In the given circuit, the current \[I\] equals to:

A. \[\dfrac{V}{{5R}}\]
B. \[\dfrac{V}{{4R}}\]
C. \[\dfrac{{2V}}{{5R}}\]
D. \[0\]

Answer 1

Hint: To solve this problem, use Kirchhoff’s voltage law for both the loops and find the current through the circuit solving the equations. Kirchhoff’s voltage law states that in any closed loop network, the total voltage around the loop is equal to the sum of all the voltage drops within the same loop. Mathematical expression of the Kirchhoff’s voltage law can be given as, \[\sum {{V_j}} = \sum {{I_i}{R_i}} \] where \[\sum {{V_j}} \] is the algebraic sum of all the voltage sources and \[\sum {{I_i}{R_i}} \] is the algebraic sum of all the voltage drops across elements.

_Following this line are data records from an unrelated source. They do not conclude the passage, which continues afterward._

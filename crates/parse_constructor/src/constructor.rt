// Constructors (ECMA-408, 10.6 Constructors).
ghost use Rattle.std.specs.Prelude.{◌≡◌, ◌≤◌, ◌<◌, ◌+◌};
ghost use Rattle.dart_tree.specs.Depth as height;
ghost use Rattle.dart_tree.specs.UnitView as view;
ghost use Rattle.grammar_laws.specs.Readers.{starts, tried};
ghost use Rattle.parse_constructor.specs.Views.{factory_first};
ghost use Rattle.parse_nest.specs.Nests.{NestsExpr, NestsParameters, NestsBlock};
ghost use Rattle.parse_nest.specs.Stages.{exprs_at};
ghost use Rattle.syntax_readers.specs.Declarations as spec;
ghost use Rattle.token_codes.specs.Codes.{class_of};
ghost use Rattle.token_cursor.specs.Gives.{GivesHigh};

use crate::factory::{factory, redirecting_factory};
use crate::generative::{constant, generative, redirecting};
use dart_token::word::Word;
use dart_tree::declaration::Constructor;
use dart_tree::parameter::Parameters;
use dart_tree::statement::Block;
use parse_nest::inside::{Inside, OpenExpr};
use parse_parameter::look::settle;
use std::alloc::Global;
use token_cursor::cursor::Cursor;
use token_cursor::error::ReadFault;

// Whether a factory comes, if it is one.
fn sees_factory(cursor: &Cursor<'_>) -> bool
    ensures { result ≡ starts class_of factory_first cursor.now }
{
    cursor.sees_word(Word::External) || cursor.sees_word(Word::Factory)
}

// A factory, or else a redirecting one.
fn any_factory<
    E: Fn(Global, &mut Cursor<'_>, usize, bool) -> Result<(OpenExpr, usize), ReadFault>,
    P: Fn(Global, &mut Cursor<'_>, usize) -> Result<(Parameters, usize), ReadFault>,
    B: Fn(Global, &mut Cursor<'_>, usize) -> Result<(Block, usize), ReadFault>,
>(
    nest: &Inside<E, P, B>,
    cursor: &mut Cursor<'_>,
    depth: usize,
    class: &[u8],
) -> Result<(Constructor, usize), ReadFault>
    requires nests { NestsExpr nest.now.limit (E.pre nest.now.expr) (E.post nest.now.expr) }
    requires parameters { NestsParameters nest.now.limit (P.pre nest.now.parameters) (P.post nest.now.parameters) }
    requires blocks { NestsBlock nest.now.limit (B.pre nest.now.block) (B.post nest.now.block) }
    requires within { depth ≤ nest.now.limit }
    requires room { depth + 1 < 18446744073709551616 }
    ensures { GivesHigh view.constructor height.constructor_height (depth + 1)
        (tried (spec.factory (exprs_at depth) class.now)
        (spec.redirecting_factory (exprs_at depth) class.now) cursor.old) result cursor.new }
{
    let mut second = cursor.fork();
    match factory(nest, cursor, depth, class) {
        Ok(found) => Ok(found),
        Err(ReadFault::Memory) => Err(ReadFault::Memory),
        Err(ReadFault::Stuck) => {
            let found = redirecting_factory(nest, &mut second, depth, class);
            settle(cursor, &second, found.is_ok());
            found
        }
    }
}

// A generative constructor, or else a redirecting one.
fn any_generative<
    E: Fn(Global, &mut Cursor<'_>, usize, bool) -> Result<(OpenExpr, usize), ReadFault>,
    P: Fn(Global, &mut Cursor<'_>, usize) -> Result<(Parameters, usize), ReadFault>,
    B: Fn(Global, &mut Cursor<'_>, usize) -> Result<(Block, usize), ReadFault>,
>(
    nest: &Inside<E, P, B>,
    cursor: &mut Cursor<'_>,
    depth: usize,
    class: &[u8],
) -> Result<(Constructor, usize), ReadFault>
    requires nests { NestsExpr nest.now.limit (E.pre nest.now.expr) (E.post nest.now.expr) }
    requires parameters { NestsParameters nest.now.limit (P.pre nest.now.parameters) (P.post nest.now.parameters) }
    requires blocks { NestsBlock nest.now.limit (B.pre nest.now.block) (B.post nest.now.block) }
    requires within { depth ≤ nest.now.limit }
    requires room { depth + 1 < 18446744073709551616 }
    ensures { GivesHigh view.constructor height.constructor_height (depth + 1)
        (tried (spec.generative (exprs_at depth) (spec.init depth) class.now)
        (spec.redirecting (exprs_at depth) class.now) cursor.old) result cursor.new }
{
    let mut second = cursor.fork();
    match generative(nest, cursor, depth, class) {
        Ok(found) => Ok(found),
        Err(ReadFault::Memory) => Err(ReadFault::Memory),
        Err(ReadFault::Stuck) => {
            let found = redirecting(nest, &mut second, depth, class);
            settle(cursor, &second, found.is_ok());
            found
        }
    }
}

/// Reads a constructor of this class whose parts have at most so many nodes above one another (ECMA-408, 10.6
/// Constructors).
#[tactic(auto, unfolding(syntax_readers::specs::Declarations::constructor_over))]
pub fn constructor_over<
    E: Fn(Global, &mut Cursor<'_>, usize, bool) -> Result<(OpenExpr, usize), ReadFault>,
    P: Fn(Global, &mut Cursor<'_>, usize) -> Result<(Parameters, usize), ReadFault>,
    B: Fn(Global, &mut Cursor<'_>, usize) -> Result<(Block, usize), ReadFault>,
>(
    nest: &Inside<E, P, B>,
    cursor: &mut Cursor<'_>,
    depth: usize,
    class: &[u8],
) -> Result<(Constructor, usize), ReadFault>
    requires nests { NestsExpr nest.now.limit (E.pre nest.now.expr) (E.post nest.now.expr) }
    requires parameters { NestsParameters nest.now.limit (P.pre nest.now.parameters) (P.post nest.now.parameters) }
    requires blocks { NestsBlock nest.now.limit (B.pre nest.now.block) (B.post nest.now.block) }
    requires within { depth ≤ nest.now.limit }
    requires room { depth + 1 < 18446744073709551616 }
    ensures { GivesHigh view.constructor height.constructor_height (depth + 1)
        (spec.constructor_over (exprs_at depth) (spec.init depth) class.now cursor.old) result cursor.new }
{
    if sees_factory(cursor) {
        return any_factory(nest, cursor, depth, class);
    }
    if cursor.sees_word(Word::Const) {
        return constant(nest, cursor, depth, class);
    }
    any_generative(nest, cursor, depth, class)
}

/// Reads a constructor of this class, which is a node (ECMA-408, 10.6 Constructors).
pub fn constructor<
    E: Fn(Global, &mut Cursor<'_>, usize, bool) -> Result<(OpenExpr, usize), ReadFault>,
    P: Fn(Global, &mut Cursor<'_>, usize) -> Result<(Parameters, usize), ReadFault>,
    B: Fn(Global, &mut Cursor<'_>, usize) -> Result<(Block, usize), ReadFault>,
>(
    nest: &Inside<E, P, B>,
    cursor: &mut Cursor<'_>,
    depth: usize,
    class: &[u8],
) -> Result<(Constructor, usize), ReadFault>
    requires nests { NestsExpr nest.now.limit (E.pre nest.now.expr) (E.post nest.now.expr) }
    requires parameters { NestsParameters nest.now.limit (P.pre nest.now.parameters) (P.post nest.now.parameters) }
    requires blocks { NestsBlock nest.now.limit (B.pre nest.now.block) (B.post nest.now.block) }
    requires within { depth ≤ nest.now.limit }
    ensures { GivesHigh view.constructor height.constructor_height depth
        (spec.constructor class.now depth cursor.old) result cursor.new }
{
    if depth == 0 {
        return Err(ReadFault::Stuck);
    }
    constructor_over(nest, cursor, depth - 1, class)
}
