// Generative, constant and redirecting constructors (ECMA-408, 10.6.1 Generative Constructors and 10.6.3 Constant
// Constructors).
ghost use Rattle.std.specs.Prelude.{◌≤◌, ◌<◌, ◌+◌};
ghost use Rattle.dart_tree.specs.Depth as height;
ghost use Rattle.dart_tree.specs.UnitView as view;
ghost use Rattle.parse_constructor.specs.Views.{generative_parts};
ghost use Rattle.parse_nest.specs.Nests.{NestsExpr, NestsParameters, NestsBlock};
ghost use Rattle.parse_nest.specs.Stages.{exprs_at};
ghost use Rattle.syntax_readers.specs.Declarations as spec;
ghost use Rattle.token_cursor.specs.Gives.{GivesHigh};

use crate::initializer::maybe_initializers;
use crate::rest::rest;
use dart_token::sign::Sign;
use dart_token::word::Word;
use dart_tree::declaration::Constructor;
use dart_tree::parameter::Parameters;
use dart_tree::statement::{Block, Body};
use parse_head::name::constructor_name;
use parse_nest::inside::{Inside, OpenExpr};
use parse_primary::arguments::arguments;
use std::alloc::Global;
use token_cursor::cursor::Cursor;
use token_cursor::error::ReadFault;

// A generative constructor, by the parts of its reader.
#[tactic(auto, unfolding(syntax_readers::specs::Declarations::generative_with))]
fn name_first<
    E: Fn(Global, &mut Cursor<'_>, usize, bool) -> Result<(OpenExpr, usize), ReadFault>,
    P: Fn(Global, &mut Cursor<'_>, usize) -> Result<(Parameters, usize), ReadFault>,
    B: Fn(Global, &mut Cursor<'_>, usize) -> Result<(Block, usize), ReadFault>,
>(
    nest: &Inside<E, P, B>,
    cursor: &mut Cursor<'_>,
    depth: usize,
    class: &[u8],
) -> Result<(Constructor, usize), ReadFault>
    requires nests { NestsExpr nest.now.limit (E.pre nest.now.expr) (E.post nest.now.expr) }
    requires parameters { NestsParameters nest.now.limit (P.pre nest.now.parameters) (P.post nest.now.parameters) }
    requires blocks { NestsBlock nest.now.limit (B.pre nest.now.block) (B.post nest.now.block) }
    requires within { depth ≤ nest.now.limit }
    requires room { depth + 1 < 18446744073709551616 }
    ensures { GivesHigh view.constructor height.constructor_height (depth + 1)
        (generative_parts depth class.now cursor.old) result cursor.new }
{
    let name = constructor_name(nest.alloc, cursor, class)?;
    let (parameters, tall) = nest.parameters(cursor, depth)?;
    let ((initializers, body), height) = rest(nest, cursor, depth)?;
    let found = Constructor::Generative {
        constant: None,
        name,
        parameters,
        initializers,
        body,
    };
    Ok((found, tall.max(height) + 1))
}

/// Reads a generative constructor (ECMA-408, 10.6.1 Generative Constructors).
pub fn generative<
    E: Fn(Global, &mut Cursor<'_>, usize, bool) -> Result<(OpenExpr, usize), ReadFault>,
    P: Fn(Global, &mut Cursor<'_>, usize) -> Result<(Parameters, usize), ReadFault>,
    B: Fn(Global, &mut Cursor<'_>, usize) -> Result<(Block, usize), ReadFault>,
>(
    nest: &Inside<E, P, B>,
    cursor: &mut Cursor<'_>,
    depth: usize,
    class: &[u8],
) -> Result<(Constructor, usize), ReadFault>
    requires nests { NestsExpr nest.now.limit (E.pre nest.now.expr) (E.post nest.now.expr) }
    requires parameters { NestsParameters nest.now.limit (P.pre nest.now.parameters) (P.post nest.now.parameters) }
    requires blocks { NestsBlock nest.now.limit (B.pre nest.now.block) (B.post nest.now.block) }
    requires within { depth ≤ nest.now.limit }
    requires room { depth + 1 < 18446744073709551616 }
    ensures { GivesHigh view.constructor height.constructor_height (depth + 1)
        (spec.generative (exprs_at depth) (spec.init depth) class.now cursor.old) result cursor.new }
{
    name_first(nest, cursor, depth, class)
}

/// Reads a constant constructor (ECMA-408, 10.6.3 Constant Constructors).
#[tactic(auto, unfolding(syntax_readers::specs::Declarations::constant, dart_tree::specs::Depth::body_height, dart_tree::specs::View::body))]
pub fn constant<
    E: Fn(Global, &mut Cursor<'_>, usize, bool) -> Result<(OpenExpr, usize), ReadFault>,
    P: Fn(Global, &mut Cursor<'_>, usize) -> Result<(Parameters, usize), ReadFault>,
    B: Fn(Global, &mut Cursor<'_>, usize) -> Result<(Block, usize), ReadFault>,
>(
    nest: &Inside<E, P, B>,
    cursor: &mut Cursor<'_>,
    depth: usize,
    class: &[u8],
) -> Result<(Constructor, usize), ReadFault>
    requires nests { NestsExpr nest.now.limit (E.pre nest.now.expr) (E.post nest.now.expr) }
    requires parameters { NestsParameters nest.now.limit (P.pre nest.now.parameters) (P.post nest.now.parameters) }
    requires blocks { NestsBlock nest.now.limit (B.pre nest.now.block) (B.post nest.now.block) }
    requires within { depth ≤ nest.now.limit }
    requires room { depth + 1 < 18446744073709551616 }
    ensures { GivesHigh view.constructor height.constructor_height (depth + 1)
        (spec.constant (exprs_at depth) (spec.init depth) class.now cursor.old) result cursor.new }
{
    let word = cursor.expect_word(Word::Const)?;
    let name = constructor_name(nest.alloc, cursor, class)?;
    let (parameters, tall) = nest.parameters(cursor, depth)?;
    let (initializers, height) = maybe_initializers(nest, cursor, depth)?;
    let semicolon = cursor.expect(Sign::Semicolon)?;
    let found = Constructor::Generative {
        constant: Some(word),
        name,
        parameters,
        initializers,
        body: Body::Omitted(semicolon),
    };
    Ok((found, tall.max(height) + 1))
}

/// Reads a redirecting constructor (ECMA-408, 10.6.1, Redirecting Constructors).
#[tactic(auto, unfolding(syntax_readers::specs::Declarations::redirecting))]
pub fn redirecting<
    E: Fn(Global, &mut Cursor<'_>, usize, bool) -> Result<(OpenExpr, usize), ReadFault>,
    P: Fn(Global, &mut Cursor<'_>, usize) -> Result<(Parameters, usize), ReadFault>,
    B: Fn(Global, &mut Cursor<'_>, usize) -> Result<(Block, usize), ReadFault>,
>(
    nest: &Inside<E, P, B>,
    cursor: &mut Cursor<'_>,
    depth: usize,
    class: &[u8],
) -> Result<(Constructor, usize), ReadFault>
    requires nests { NestsExpr nest.now.limit (E.pre nest.now.expr) (E.post nest.now.expr) }
    requires parameters { NestsParameters nest.now.limit (P.pre nest.now.parameters) (P.post nest.now.parameters) }
    requires within { depth ≤ nest.now.limit }
    requires room { depth + 1 < 18446744073709551616 }
    ensures { GivesHigh view.constructor height.constructor_height (depth + 1)
        (spec.redirecting (exprs_at depth) class.now cursor.old) result cursor.new }
{
    let name = constructor_name(nest.alloc, cursor, class)?;
    let (parameters, tall) = nest.parameters(cursor, depth)?;
    let colon = cursor.expect(Sign::Colon)?;
    let this = cursor.expect_word(Word::This)?;
    let constructor = cursor.maybe_dot_name(nest.alloc)?;
    let (arguments, height) = arguments(nest, cursor, depth)?;
    let semicolon = cursor.expect(Sign::Semicolon)?;
    let found = Constructor::Redirecting {
        name,
        parameters,
        colon,
        this,
        constructor,
        arguments,
        semicolon,
    };
    Ok((found, tall.max(height) + 1))
}
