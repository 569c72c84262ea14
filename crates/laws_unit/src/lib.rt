// The readers of directives, declarations and units find those of the grammar, where the readers of what stands inside do. The crate runs
// nothing.
#![tactic(auto)]

ghost use Rattle.laws_unit.specs.Mending.{MendedRead};
ghost use Rattle.laws_unit.specs.Members.{FactoriesRead, GenerativesFound, MembersRead, OtherMembersRead};
ghost use Rattle.laws_unit.specs.Statements.{DirectivesRead, HeadsRead, AliasesRead, ClassesRead, InitsRead, MemberKindsRead, CallablesRead, DeclKindsRead, UnitsRead, UnitsAnswered};

/// At every depth the readers of directives, behind their metadata, find those of the grammar and nothing else, where that of the strings
/// inside does (ECMA-408, 18 Libraries and Scripts, 18.1 Imports, 18.2 Exports, 18.3 Parts).
pub fn directives_read()
    ensures { DirectivesRead }
{}

/// At every depth the readers of type parameters, of superclasses, of mixins and interfaces, and of enums find those of the grammar and
/// nothing else, where those of the metadata and types inside do (ECMA-408, 10.9 Superclasses, 10.10 Superinterfaces, 13 Enums, 14 Generics).
pub fn heads_read()
    ensures { HeadsRead }
{}

/// At every depth the reader of aliases finds those of the grammar and nothing else, where those of the metadata, types and parameters
/// inside do, and where no list of tokens leaves a choice between one with a result and one without (ECMA-408, 19.3.1 Typedef).
pub fn aliases_read()
    ensures { AliasesRead }
{}

/// At every depth the reader of classes finds those of the grammar and nothing else, where those of the members, metadata and types inside
/// do (ECMA-408, 10 Classes, 12.1 Mixin Application).
pub fn classes_read()
    ensures { ClassesRead }
{}

/// At every depth the reader of an initialiser finds those of the grammar and nothing else, where those of the arguments and of the
/// conditional expressions with cascades inside do (ECMA-408, 10.6.1 Generative Constructors).
pub fn inits_read()
    ensures { InitsRead }
{}

/// At every depth the readers of declared functions, of what stands behind an accessor's result, and of constant and redirecting constructors
/// and of factories find those of the grammar and nothing else, where those of the parameters, arguments, initialisers, names with their
/// results and bodies inside do (ECMA-408, 9 Functions, 10.2 Getters, 10.3 Setters, 10.6.1 to 10.6.3).
pub fn member_kinds_read()
    ensures { MemberKindsRead }
{}

/// At every depth the readers of declared functions and accessors, of which both are tried, find one of the two of the grammar and nothing else,
/// where those of parameters, bodies, types, and of a result with a name do, where types go on behind names as they should, and where
/// no list of tokens leaves a choice between the two (ECMA-408, 9 Functions, 10.2 Getters, 10.3 Setters).
pub fn callables_read()
    ensures { CallablesRead }
{}

/// At every depth the readers of redirecting factories, and of factories of both kinds, of which both are tried, find those of the grammar and
/// nothing else, where those of types, and of the parameters, bodies and names with their results inside do (ECMA-408, 10.6.2 Factories).
pub fn factories_read()
    ensures { FactoriesRead }
{}

/// At every depth what the reader of generative constructors reads is one of the grammar, and each of those is read as itself unless it goes on,
/// where the readers of initialisers, parameters and blocks inside find theirs, and where initialisers close the braces that they open
/// (ECMA-408, 10.6.1 Generative Constructors). Where a list is none, it may stop earlier than it should.
pub fn generatives_found()
    ensures { GenerativesFound }
{}

/// At every depth the reader of members that are no constructors finds functions, accessors, variables and operators, with `static`,
/// `external` or neither, and nothing else, where those of what stands inside do, where types go on behind names as they should, and where
/// no list of tokens leaves a choice (ECMA-408, 8 Variables, 10 Classes, 10.1.1 Operators).
pub fn other_members_read()
    ensures { OtherMembersRead }
{}

/// At every depth the reader of members with their metadata finds those of the grammar and nothing else, where those of metadata, of generative
/// constructors, of what the other constructors are made of and of the other members do, and where no list of tokens leaves a choice but
/// between a constructor and another member, neither of which goes on (ECMA-408, 10 Classes, 10.6 Constructors).
pub fn members_read()
    ensures { MembersRead }
{}

/// At every depth a reader of generative constructors finds those of the grammar and nothing else, if it takes for a constructor's own block, where
/// the first try stops, the last brace outside all brackets before that place, and where the readers of initialisers, parameters and
/// blocks inside find theirs (ECMA-408, 10.6.1 Generative Constructors). It is not the reader in use.
pub fn mended_read()
    ensures { MendedRead }
{}

/// At every depth the reader of declarations, behind their metadata, finds those of the grammar and nothing else, where those of classes,
/// aliases, variables and of functions with accessors do, and where no list of tokens leaves a choice between variables and one of the last
/// (ECMA-408, 18 Libraries and Scripts).
pub fn decl_kinds_read()
    ensures { DeclKindsRead }
{}

/// At every depth the reader of units finds those of the grammar and nothing else, directives and declarations in their order, where those
/// of the declarations, metadata and strings inside do, and where metadata that are less high than a depth are those of the depth below
/// (ECMA-408, 18 Libraries and Scripts).
pub fn units_read()
    ensures { UnitsRead }
{}

/// What is found on a list of tokens is its answer: the one unit that it forms; or what the profile leaves out; or the first token with which
/// no unit begins, which is too deep where a unit of the further depth goes on there, and else wrong; or its end. So it is at two depths at
/// which the reader of units finds those of the grammar (ECMA-408, 18 Libraries and Scripts).
pub fn units_answered()
    ensures { UnitsAnswered }
{}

Complete step by step answer:
In the given circuit let’s take the first loop as loop-I and another as loop –II . Let’s assume the current through the loop-I is \[I\]and current through loop –II is \[{I_1}\].

So, applying KVL in the first loop we can get,( loop-I)
\[IR + (I - {I_1})R = V - V\]
\[\Rightarrow IR + (I - {I_1})R = 0\]
Further simplifying we get,
\[2IR = {I_1}R\]
\[\Rightarrow {I_1} = 2I\]..........................[Since, resistance \[R\] is not zero]
Now, applying KVL in the second loop we can get,( loop –II)
\[({I_1} - I)R + {I_1}R + {I_1}R = V\]
\[\Rightarrow ({I_1} - I)R + 2{I_1}R = V\]
Putting the value of \[{I_1}\] from previous equation we get,
\[(2I - I)R + 2 \cdot 2I \cdot R = V\]
\[\Rightarrow IR + 4IR = V\]
\[\Rightarrow 5IR = V\]
\[\therefore I = \dfrac{V}{{5R}}\]
Hence, the current through the first loop will be equal to \[\dfrac{V}{{5R}}\]. Now, we can see that this is the same current as the circuit current. So, the current \[I\] is equal to \[\dfrac{V}{{5R}}\].

Hence, the correct answer is option A.

Note: The sign convention for the voltage source is: when a voltage source is traversed from positive terminal to negative terminal then voltage of the source is taken as negative and when a voltage source is traversed from negative terminal to positive terminal then voltage of the source is taken as positive. Voltage drop across an element for a loop current is negative when the current is flowing in the opposite direction of the loop traversed and it is taken positive when the current is flowing in the same direction of the loop traversed.